Here lookup names the field in the groups dataset on which we will match, and the from_ argument specifies a LookupData structure where we supply the second dataset, the lookup key, and the fields we would like to extract.

Example: Lookup Transforms for Geographical Visualization

Lookup transforms are often particularly important for geographic visualization, where it is common to combine tabular datasets with datasets that specify geographic boundaries to be visualized; for example, here is a visualization of unemployment rates per county in the US:

import altair as alt
from vega_datasets import data

counties = alt.topo_feature(data.us_10m.url, 'counties')
unemp_data = data.unemployment.url

alt.Chart(counties).mark_geoshape().encode(
    color='rate:Q'
).transform_lookup(
    lookup='id',
    from_=alt.LookupData(unemp_data, 'id', ['rate'])
).properties(
    projection={'type': 'albersUsa'},
    width=500, height=300
)

TimeUnit Transform

TimeUnit transforms are used to discretize dates and times within Altair. As with the Aggregate Transforms and Bin transforms discussed above, they can be defined either as part of the encoding, or as a top-level transform.

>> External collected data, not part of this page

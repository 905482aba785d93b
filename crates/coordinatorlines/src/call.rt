//! What a line asks of a coordinator.
use farm_base::{NodeId, Slot, Ticket, ToCoord};

/// What a coordinator is asked to do.
#[derive(Drop)]
pub enum Call {
    /// A node says this.
    Handle(ToCoord),
    Withdraw(Ticket),
    Retire(NodeId),
    Prune(Slot),
    Nudge,
}

/// What the operator may be shown.
#[derive(Drop)]
pub enum Question {
    /// The versions of this slot.
    Line(Slot),
    /// Who holds which slots, who waits, and the rest of what the coordinator keeps.
    Status,
    /// The contents that must not be forgotten.
    Needed,
}

/// What a line asks for.
#[derive(Drop)]
pub enum Order {
    Call(Call),
    Show(Question),
}
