//! The call that a line asks for.
ghost use Rattle.std.specs.Prelude.{◌≡◌, ◌≢◌, ◌<◌, ◌^◌, ◌++◌, decimal, IfOk, IfErr, IfSome, IfNone};
ghost use Rattle.names.specs.declared.limits.TheConstants.{NODES};
ghost use Rattle.names.specs.declared.number.NodeId.{NodeId};
ghost use Rattle.names.specs.declared.number.Ticket.{Ticket};
ghost use Rattle.names.specs.Names.{slot_text, IsSlot};
ghost use Rattle.names.specs.Slots.{SlotParts};
ghost use Rattle.protocol.specs.Lawful.{IsNumber};
ghost use Rattle.coordinatorlines.specs.declared.call.Call.{Call};
ghost use Rattle.coordinatorlines.specs.declared.call.Order.{Order};
ghost use Rattle.coordinatorlines.specs.declared.call.Question.{Question};
ghost use Rattle.coordinatorlines.specs.Calls.{withdraw_line, retire_line, IsOwn, IsQuestion, IsOperators, IsHeard, IsDropped, IsUnread, Orders, AsksFor, AsksNothing};
ghost use Rattle.farmwire.specs.Sealed.{key_in};

use super::call::{Call, Order, Question};
use farm_base::laws::is_slot;
use farm_base::reading::{after, number};
use farm_base::{Items, Message, NODES, NodeId, Slot, SlotRefusal, Ticket};
use farmwire::{Keyring, open};
use services::{Lost, Unread, from_outside, lost_line, unread_of};
use std::alloc::Global;

/// The ticket of `withdraw T`.
fn withdrawn(line: &str) -> Option<Ticket>
    ensures found { IfSome result (λ ticket. line.now ≡ withdraw_line ticket) }
    ensures range { IfSome result (λ ticket. ticket.0 < 2 ^ 64) }
    ensures only { IfNone result ((ticket : Ticket) → ticket.0 < 2 ^ 64 → line.now ≢ withdraw_line ticket) }
{
    Some(Ticket(number(after(line, "withdraw ")?)?))
}

/// The node of a number.
fn node_of(word: &str) -> Option<NodeId>
    ensures found { IfSome result (λ node. word.now ≡ decimal node.0) }
    ensures range { IfSome result (IsNumber NODES) }
    ensures only { IfNone result ((node : NodeId) → IsNumber NODES node → word.now ≢ decimal node.0) }
{
    let value = number(word)?;
    if 1 <= value && value <= NODES as u64 {
        Some(NodeId(value as u32))
    } else {
        None
    }
}

/// The node of `retire N`.
fn retired(line: &str) -> Option<NodeId>
    ensures found { IfSome result (λ node. line.now ≡ retire_line node) }
    ensures range { IfSome result (IsNumber NODES) }
    ensures only { IfNone result ((node : NodeId) → IsNumber NODES node → line.now ≢ retire_line node) }
{
    node_of(after(line, "retire ")?)
}

/// The slot of a word.
fn slot_of(alloc: Global, word: &str) -> Result<Slot, Unread>
    ensures found { IfOk result (λ slot. word.now ≡ slot_text slot) }
    ensures range { IfOk result IsSlot }
    ensures refused { IfErr result (λ why. why ≢ Unread.OutOfMemory → why ≡ Unread.BadLine) }
    ensures only { result ≡ Err Unread.BadLine → (slot : SlotParts) → IsSlot slot → word.now ≢ slot_text slot }
{
    match Slot::parse(alloc, word) {
        Ok(slot) => {
            is_slot(&slot);
            Ok(slot)
        }
        Err(SlotRefusal::BadSlot) => Err(Unread::BadLine),
        Err(SlotRefusal::OutOfMemory) => Err(Unread::OutOfMemory),
    }
}

/// The slot behind the front of a line.
fn slot_behind(alloc: Global, line: &str, front: &str) -> Result<Slot, Unread>
    ensures found { IfOk result (λ slot. line.now ≡ front.now ++ slot_text slot) }
    ensures range { IfOk result IsSlot }
    ensures refused { IfErr result (λ why. why ≢ Unread.OutOfMemory → why ≡ Unread.BadLine) }
    ensures only { result ≡ Err Unread.BadLine → (slot : SlotParts) → IsSlot slot → line.now ≢ front.now ++ slot_text slot }
{
    match after(line, front) {
        Some(slot) => slot_of(alloc, slot),
        None => Err(Unread::BadLine),
    }
}

/// The call of the operator's line.
fn own_call(alloc: Global, line: &str) -> Result<Call, Unread>
    ensures found { IfOk result (IsOwn line.now) }
    ensures refused { IfErr result (λ why. why ≢ Unread.OutOfMemory → why ≡ Unread.BadLine) }
    ensures only { result ≡ Err Unread.BadLine → (call : Call) → IsOwn line.now call → ⊥ }
{
    if let Some(ticket) = withdrawn(line) {
        return Ok(Call::Withdraw(ticket));
    }
    if let Some(node) = retired(line) {
        return Ok(Call::Retire(node));
    }
    if line == "nudge" {
        return Ok(Call::Nudge);
    }
    Ok(Call::Prune(slot_behind(alloc, line, "prune ")?))
}

/// What the operator's line asks to be shown.
fn own_question(alloc: Global, line: &str) -> Result<Question, Unread>
    ensures found { IfOk result (IsQuestion line.now) }
    ensures refused { IfErr result (λ why. why ≢ Unread.OutOfMemory → why ≡ Unread.BadLine) }
    ensures only { result ≡ Err Unread.BadLine → (question : Question) → IsQuestion line.now question → ⊥ }
{
    if line == "status" {
        return Ok(Question::Status);
    }
    if line == "needed" {
        return Ok(Question::Needed);
    }
    Ok(Question::Line(slot_behind(alloc, line, "line ")?))
}

/// What the operator's line asks for.
fn own_order(alloc: Global, line: &str) -> Result<Order, Unread>
    ensures found { IfOk result (IsOperators line.now) }
    ensures refused { IfErr result (λ why. why ≢ Unread.OutOfMemory → why ≡ Unread.BadLine) }
    ensures only { result ≡ Err Unread.BadLine → (asked : Order) → IsOperators line.now asked → ⊥ }
{
    match own_call(alloc, line) {
        Ok(call) => Ok(Order::Call(call)),
        Err(Unread::BadLine) => Ok(Order::Show(own_question(alloc, line)?)),
        Err(_) => Err(Unread::OutOfMemory),
    }
}

/// The call that a sealed line asks for.
fn heard_call(alloc: Global, keys: &Keyring, sealed: &[u8]) -> Result<Call, Unread>
    ensures heard { IfOk result (IsHeard (key_in keys.now) sealed.now) }
    ensures dropped { IfErr result (IsDropped (key_in keys.now) sealed.now) }
{
    match open(alloc, keys, sealed) {
        Ok(Message::ToCoord(message)) => Ok(Call::Handle(message)),
        Ok(Message::ToNode(_)) => Err(Unread::NotMine),
        Err(fault) => Err(unread_of(fault)),
    }
}

/// What a line asks for.
fn order_of(alloc: Global, keys: &Keyring, line: &[u8]) -> Result<Order, Unread>
    ensures asked { IfOk result (Orders (key_in keys.now) line.now) }
    ensures unread { IfErr result (IsUnread (key_in keys.now) line.now) }
{
    if let Some(sealed) = from_outside(line) {
        return Ok(Order::Call(heard_call(alloc, keys, sealed)?));
    }
    match str::from_utf8(line) {
        Ok(line) => own_order(alloc, line),
        Err(_) => Err(Unread::BadLine),
    }
}

/// What is asked for by what is handed on.
pub fn asked(alloc: Global, keys: &Keyring, line: Result<Items<u8>, Lost>) -> Result<Order, Unread>
    ensures asked { IfOk result (AsksFor (key_in keys.now) line) }
    ensures nothing { IfErr result (AsksNothing (key_in keys.now) line) }
{
    match line {
        Ok(line) => order_of(alloc, keys, line.as_slice()),
        Err(lost) => Err(lost_line(lost)),
    }
}
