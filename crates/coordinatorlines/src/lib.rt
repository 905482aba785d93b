//! What a line asks of a coordinator.
#![tactic(auto)]

mod call;
mod reading;

pub use call::{Call, Order, Question};
pub use reading::asked;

These are the available time units:

  • "year", "yearquarter", "yearquartermonth", "yearmonth", "yearmonthdate", "yearmonthdatehours", "yearmonthdatehoursminutes", "yearmonthdatehoursseconds".
  • "quarter", "quartermonth"
  • "month", "monthdate"
  • "date" (Day of month, i.e., 1 - 31)
  • "day" (Day of week, i.e., Monday - Friday)
  • "hours", "hoursminutes", "hoursminutesseconds"
  • "minutes", "minutesseconds"
  • "seconds", "secondsmilliseconds"
  • "milliseconds"

TimeUnit Within Encoding

Any temporal field definition can include a timeUnit argument to discretize the temporal data.

For example, here we plot a dataset that consists of hourly temperature measurements in Seattle during the year 2010:

import altair as alt
from vega_datasets import data

temps = data.seattle_temps.url

alt.Chart(temps).mark_line().encode(
    x='date:T',
    y='temp:Q'
)

The plot is too busy due to the amount of data points squeezed into the short time; we can make it a bit cleaner by discretizing it, for example, by month (timeUnit="month") and plotting only the mean monthly temperature:

alt.Chart(temps).mark_line().encode(
    alt.X('date:T', timeUnit='month'),
    y='mean(temp):Q'
)

Notice that by default timeUnit output is a continuous quantity; if you would instead like it to be a categorical, you can specify the ordinal type. This can be useful when plotting a bar chart or other discrete chart type:

alt.Chart(temps).mark_bar().encode(
    alt.X('date:O', timeUnit='month'),
    y='mean(temp):Q'
)

Multiple time units can be combined within a single plot to yield interesting views of your data; for example, here we extract both the month and the day to give a profile of Seattle temperatures through the year:

alt.Chart(temps).mark_rect().encode(
    alt.X('date:O', timeUnit='date', axis=alt.Axis(title='day')),
    alt.Y('date:O', timeUnit='month', axis=alt.Axis(title='month')),
    color='max(temp):Q'
).properties(
    title="2010 Daily High Temperatures in Seattle (F)"
)

TimeUnit as a Transform

Other times it is convenient to specify a timeUnit as a top-level transform, particularly when the value may be reused. This can be done most conveniently using the Chart.transform_timeunit() method. For example:

alt.Chart(temps).mark_line().encode(
    alt.X('month:T', axis=alt.Axis(format='%b')),
    y='mean(temp):Q'
).transform_timeunit(
    "month", field="date", timeUnit="month"
)

Notice that because the timeUnit is not part of the encoding channel here, it is often necessary to add an axis formatter to ensure appropriate axis labels.